I'm trying to figure out 2 things regarding the LDA in mlxtend and the LDA on sklearn:
- for 3 classes, why do the LDA results differ between mlxtend and sklearn
- for 2 classes, why am I not able to get the same discriminants between mlxtend and sklearn.

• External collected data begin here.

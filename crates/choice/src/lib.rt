// The best of a list by a strict order that is given as a test.
// This crate has definitions and laws only; the election instantiates them.

#![tactic(auto)]
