// Whether the byte ranges of some samples are numbers of 64 bits, by the bytes of the tables, whatever these are.
#![tactic(auto)]

ghost use Rattle.std.specs.Prelude.{◌≡◌, ◌<◌, ◌^◌};
ghost use Rattle.pair_checks.specs.Fits.{pairs_fit, start_fits};

use pairs::{ChunkPosition, is_past, start_place};
use words::{bytes_between, chunk_offset, is_long};

// Whether the place in the file of the sample `from`, which lies in the chunk at a place, is a number of 64 bits.
fn start_fits(stsz: &[u8], offsets: &[u8], p: ChunkPosition, from: u32) -> bool
    requires { p.begin < 2 ^ 32 }
    ensures { result ≡ start_fits stsz.now offsets.now p from }
{
    let before = bytes_between(stsz, p.begin as u32, from);
    before <= 18446744073709551615 - chunk_offset(offsets, p.chunk)
}

// Whether stsc is short enough to be walked and both numbers of each pair of the samples from `from` up to `stop` have 64 bits. Only the first pair can
// begin inside its chunk, so that no other offset is a sum, and a sum of an offset of 32 bits and the sizes before a sample fits.
pub fn pairs_fit(
    stsc: &[u8],
    stsz: &[u8],
    offsets: &[u8],
    chunks: u32,
    from: u32,
    stop: u32,
) -> bool
    ensures { result ≡ pairs_fit stsc.now stsz.now offsets.now chunks from stop }
{
    if 4294967295 < stsc.len() {
        return false;
    }
    if !is_long(offsets) {
        return true;
    }
    let p = start_place(stsc, chunks, from);
    if is_past(p, stop) {
        return true;
    }
    start_fits(stsz, offsets, p, from)
}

everything is implemented on the iris dataset from mlxtend
from mlxtend.data import iris_data
from mlxtend.preprocessing import standardize
from mlxtend.feature_extraction import LinearDiscriminantAnalysis
X_iris, y_iris = iris_data()
X_iris = standardize(X_iris)
lda_iris = LinearDiscriminantAnalysis()
lda_iris.fit(X_iris, y_iris)
X_lda_iris = lda_iris.transform(X_iris)
from sklearn.discriminant_analysis import LinearDiscriminantAnalysis
clf = LinearDiscriminantAnalysis(solver='eigen')
clf.fit(X_iris, y_iris)
transformed_iris = clf.transform(X_iris)
import matplotlib.pyplot as plt
with plt.style.context('seaborn-whitegrid'):
plt.figure(figsize=(6, 4))
for lab, col in zip((0, 1, 2),
('blue', 'red', 'green')):
plt.scatter(X_lda_iris[y_iris == lab, 0],
X_lda_iris[y_iris == lab, 1],
label=lab,
c=col)
plt.xlabel('Linear Discriminant 1')
plt.ylabel('Linear Discriminant 2')
plt.legend(loc='lower right')
plt.tight_layout()
plt.show()
import matplotlib.pyplot as plt
with plt.style.context('seaborn-whitegrid'):
plt.figure(figsize=(6, 4))
for lab, col in zip((0, 1, 2),
('blue', 'red', 'green')):
plt.scatter(transformed_iris[y_iris == lab, 0],
transformed_iris[y_iris == lab, 1],
label=lab,
c=col)
plt.xlabel('Linear Discriminant 1')
plt.ylabel('Linear Discriminant 2')
plt.legend(loc='lower right')
plt.tight_layout()
plt.show()
you can see that the graphs are mirroring each other.
second thing: how come the LDA in mlxtend is able to return more than n-1 number of discriminants while sklearn returns n-1 (n= number of classes in the label).
I would expect both modules to give the same exact result.